Hadoop on Windows

A lot of people are interested in Hadoop technology these days and currently I am participating in one project related with this technology. The first task was to install Hadoop - easy, right? But I had been told that we were going to use Windows OS and there is no opportunity to use Linux instead. I conducted a quick research and found the Hortonworks distribution which can work on Windows. BTW, the Hortonworks is the only Hadoop distribution that works in Windows :). As you see, I didn't have much choice, so I downloaded the software and installation guide.

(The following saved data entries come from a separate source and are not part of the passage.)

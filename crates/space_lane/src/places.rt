//! The places on a chunk.
ghost use Rattle.std.specs.Prelude.{◌≡◌, ◌+◌, ◌*◌};
ghost use Rattle.before_images.specs.Saved.{place_of};
ghost use Rattle.lane_ways.specs.Pictures.{pages_at};

/// Where the mark begins.
pub(crate) const MARK_AT: u64 = 4096;

/// Where the before-images begin.
pub(crate) const IMAGES_AT: u64 = 8192;

/// Where the first page stands.
pub(crate) const PAGES_AT: u64 = 77_824;

/// The bytes of a page.
pub(crate) const PAGE_LEN: usize = 4096;

/// Where a page stands.
pub(crate) fn place_of(page: u32) -> u64
    ensures { result ≡ place_of pages_at page }
{
    PAGES_AT + 4096 * u64::from(page)
}
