// The program hits: reads standard input, and writes to standard output what crates/report says.
//
// Input is read up to 132,076 bytes: two images of at most 65,535 bytes after their lengths, n, and 1,001 frames. More
// bytes can only be frames after the 1,001st, and with so many the answer is fixed already (`CutReportsTheSame`,
// report/specs/Theorems). What is printed lies in the page. The proof rests on what the standard library
// says of reads and writes.
#![tactic(auto)]

use reading::read_full;
use report::report;
use std::io;

fn main(rt: HostRuntime) -> io::Result<()> {
    let mut input = [0; 132076];
    let got = read_full(&mut rt.stdin(), &mut input)?;
    let page = report(&input[..got]);
    rt.write_all(&page.text[..page.length])
}
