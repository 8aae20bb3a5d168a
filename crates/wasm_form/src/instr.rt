use crate::types::BlockType;
use sqlite_items::{Boxed, Items};

/// The alignment, as the power of two that it is, and the offset of an access, in bytes
/// (Core 1.0, 2.4.4). The alignment changes nothing.
#[derive(Clone, Copy, Debug, PartialEq, Eq)]
pub struct MemArg {
    pub align: u32,
    pub offset: u32,
}

/// An instruction: one variant for each opcode, in their order (Core 1.0, 2.4 and 5.4).
///
/// A long code is millions of these, so what makes one larger than 32 bytes stands in a box.
#[derive(Drop)]
pub enum Instr {
    // Controls (Core 1.0, 2.4.5).
    Unreachable,
    Nop,
    Block(BlockType, Items<Instr>),
    Loop(BlockType, Items<Instr>),
    /// The side for a number that is not 0, and then that for 0.
    If(BlockType, Boxed<Items<Instr>>, Boxed<Items<Instr>>),
    Br(u32),
    BrIf(u32),
    /// The labels of 0 and on, and then the default.
    BrTable(Boxed<Items<u32>>, u32),
    Return,
    Call(u32),
    /// The index of a type.
    CallIndirect(u32),
    // Any value (2.4.2).
    Drop,
    Select,
    // Variables (2.4.3).
    LocalGet(u32),
    LocalSet(u32),
    LocalTee(u32),
    GlobalGet(u32),
    GlobalSet(u32),
    // Memory (2.4.4).
    I32Load(MemArg),
    I64Load(MemArg),
    I32Load8S(MemArg),
    I32Load8U(MemArg),
    I32Load16S(MemArg),
    I32Load16U(MemArg),
    I64Load8S(MemArg),
    I64Load8U(MemArg),
    I64Load16S(MemArg),
    I64Load16U(MemArg),
    I64Load32S(MemArg),
    I64Load32U(MemArg),
    I32Store(MemArg),
    I64Store(MemArg),
    I32Store8(MemArg),
    I32Store16(MemArg),
    I64Store8(MemArg),
    I64Store16(MemArg),
    I64Store32(MemArg),
    MemorySize,
    MemoryGrow,
    // Constants: the bits (2.4.1).
    I32Const(u32),
    I64Const(u64),
    // Tests of i32, which give an i32.
    I32Eqz,
    I32Eq,
    I32Ne,
    I32LtS,
    I32LtU,
    I32GtS,
    I32GtU,
    I32LeS,
    I32LeU,
    I32GeS,
    I32GeU,
    // Tests of i64, which give an i32.
    I64Eqz,
    I64Eq,
    I64Ne,
    I64LtS,
    I64LtU,
    I64GtS,
    I64GtU,
    I64LeS,
    I64LeU,
    I64GeS,
    I64GeU,
    // Arithmetic of i32.
    I32Clz,
    I32Ctz,
    I32Popcnt,
    I32Add,
    I32Sub,
    I32Mul,
    I32DivS,
    I32DivU,
    I32RemS,
    I32RemU,
    I32And,
    I32Or,
    I32Xor,
    I32Shl,
    I32ShrS,
    I32ShrU,
    I32Rotl,
    I32Rotr,
    // Arithmetic of i64.
    I64Clz,
    I64Ctz,
    I64Popcnt,
    I64Add,
    I64Sub,
    I64Mul,
    I64DivS,
    I64DivU,
    I64RemS,
    I64RemU,
    I64And,
    I64Or,
    I64Xor,
    I64Shl,
    I64ShrS,
    I64ShrU,
    I64Rotl,
    I64Rotr,
    // Conversions.
    I32WrapI64,
    I64ExtendI32S,
    I64ExtendI32U,
}

const _: () = prove!(size_of::<Instr>() <= 32);
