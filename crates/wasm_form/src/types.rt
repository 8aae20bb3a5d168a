use own_tree::Row;

/// The type of a value (Core 1.0, 2.3.1): a number of 32 or of 64 bits.
#[derive(Clone, Copy, Debug, PartialEq, Eq)]
pub enum ValueType {
    I32,
    I64,
}

/// What a block, a loop or an if hands on: nothing, or one value (Core 1.0, 5.3.2).
pub type BlockType = Option<ValueType>;

/// A value (Core 1.0, 4.2.1), as its unsigned bits. It is what a constant names, too.
#[derive(Clone, Copy, Debug, PartialEq, Eq)]
pub enum Value {
    I32(u32),
    I64(u64),
}

/// The type of a function (Core 1.0, 2.3.3), which has at most one result.
#[derive(Debug, Drop)]
pub struct FunctionType {
    pub parameters: Row<ValueType>,
    pub result: Option<ValueType>,
}

/// The size of a table in elements, or of a memory in pages (Core 1.0, 2.3.4).
#[derive(Clone, Copy, Debug, PartialEq, Eq)]
pub struct Limits {
    pub min: u32,
    pub max: Option<u32>,
}
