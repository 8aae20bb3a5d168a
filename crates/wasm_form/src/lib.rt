//! A WebAssembly module as data, with the definitions of its steps.
//!
//! The profile is the integer part of WebAssembly Core 1.0 with six imports. Values are unsigned
//! bits everywhere: a signed number is its two's complement.
#![tactic(auto)]

pub mod instr;
pub mod limits;
pub mod module;
pub mod opcode;
pub mod traps;
pub mod types;

pub use instr::{Instr, MemArg};
pub use module::{
    CodeEntry, DataSegment, ElementSegment, Export, ExportKind, GlobalEntry, HostCall, Import,
    LocalGroup, Module,
};
pub use types::{BlockType, FunctionType, Limits, Value, ValueType};
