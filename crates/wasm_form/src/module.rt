use crate::instr::Instr;
use crate::types::{FunctionType, Limits, Value, ValueType};
use own_tree::{Bytes, Row};
use sqlite_items::Items;

/// A module (Core 1.0, 2.5): the lists of its sections, in their order.
///
/// Functions are counted with the imports first, as all imports of the profile are functions.
#[derive(Drop)]
pub struct Module {
    /// Section 1.
    pub types: Row<FunctionType>,
    /// Section 2.
    pub imports: Row<Import>,
    /// Section 3: the type of each defined function, as an index into `types`.
    pub functions: Row<u32>,
    /// Section 4: at most one table, of functions.
    pub tables: Row<Limits>,
    /// Section 5: at most one memory.
    pub memories: Row<Limits>,
    /// Section 6.
    pub globals: Row<GlobalEntry>,
    /// Section 7.
    pub exports: Row<Export>,
    /// Section 9.
    pub elements: Row<ElementSegment>,
    /// Section 10: the code of each defined function.
    pub codes: Row<CodeEntry>,
    /// Section 11: what memory holds at the start.
    pub segments: Row<DataSegment>,
}

/// One of the functions that the host gives, all of the module `swiftown`. Its name is its own in
/// small letters with `_` between the words, as `write_int`.
#[derive(Clone, Copy, Debug, PartialEq, Eq)]
pub enum HostCall {
    /// Of an i64: writes it in decimal.
    WriteInt,
    /// Of an i32: writes `false` for 0, else `true`.
    WriteBool,
    /// Of two i32: writes the bytes of memory at the first, as many as the second.
    WriteText,
    /// Of an i32: writes its low 8 bits as one byte.
    WriteByte,
    /// To an i64: the next number of the input, or 0 past its end.
    ReadInt,
    /// Of two i32: traps with the first as the code and the second as the offset.
    Trap,
}

/// An import, which is a function (Core 1.0, 2.5.11).
#[derive(Clone, Copy, Debug, PartialEq, Eq)]
pub struct Import {
    pub call: HostCall,
    /// Its type, as an index into the types: any entry that is the type of `call`.
    pub type_index: u32,
}

/// A global (Core 1.0, 2.5.6).
#[derive(Clone, Copy, Debug, PartialEq, Eq)]
pub struct GlobalEntry {
    pub value_type: ValueType,
    pub is_mutable: bool,
    /// The constant of the initial expression, of any type.
    pub initial: Value,
}

/// An export (Core 1.0, 2.5.10).
#[derive(Debug, Drop)]
pub struct Export {
    /// UTF-8.
    pub name: Bytes,
    pub kind: ExportKind,
    /// Counted among the functions, tables, memories or globals, by `kind`.
    pub index: u32,
}

#[derive(Clone, Copy, Debug, PartialEq, Eq)]
pub enum ExportKind {
    Function,
    Table,
    Memory,
    Global,
}

/// What the table holds at the start from `offset` on, as indices of functions (Core 1.0, 2.5.7).
#[derive(Debug, Drop)]
pub struct ElementSegment {
    pub offset: u32,
    pub functions: Row<u32>,
}

/// The code of a function (Core 1.0, 5.5.13).
#[derive(Drop)]
pub struct CodeEntry {
    /// The groups as they are written, which may be empty or of the type of the one before.
    pub locals: Row<LocalGroup>,
    pub body: Items<Instr>,
}

/// So many locals of a type (Core 1.0, 5.5.13).
#[derive(Clone, Copy, Debug, PartialEq, Eq)]
pub struct LocalGroup {
    pub count: u32,
    pub value_type: ValueType,
}

/// What memory holds at the start from `offset` on (Core 1.0, 2.5.8).
#[derive(Debug, Drop)]
pub struct DataSegment {
    pub offset: u32,
    pub bytes: Bytes,
}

The first surprise is that Windows Server (2008 and 2012) is supported OS only, but I could manage to find the Windows Server 2008 machine. After that you have to install required software (jdk, python, .net and Visual C++ Distributable Package). No problem. Everything is done. The next step is to run the msi file. I run it and specified all parameters I required. Installation started but suddenly McAfee windows appeared and showed the message that one of the Hadoop files contains a virus and just deleted it. Nice. After that very weird things started happens - I started to get errors like "There is a problem with Windows Installer package. A program run as part of setup didn't finish as expected. Contact the vendor". Hm... I got this error even after I stopped all McAfee services. I am not a Windows expert, therefore I didn't even know what to do :)

After one week struggling with Windows Server 2008 and our firm's security policies I could finally install the Hadoop on Windows. The next post will be about the loading data into Hadoop and Hive.

PS. I would like to thank David Goodhand from Hortonworks support team for his help and very fast response (I didn't expect this to be honest :) ).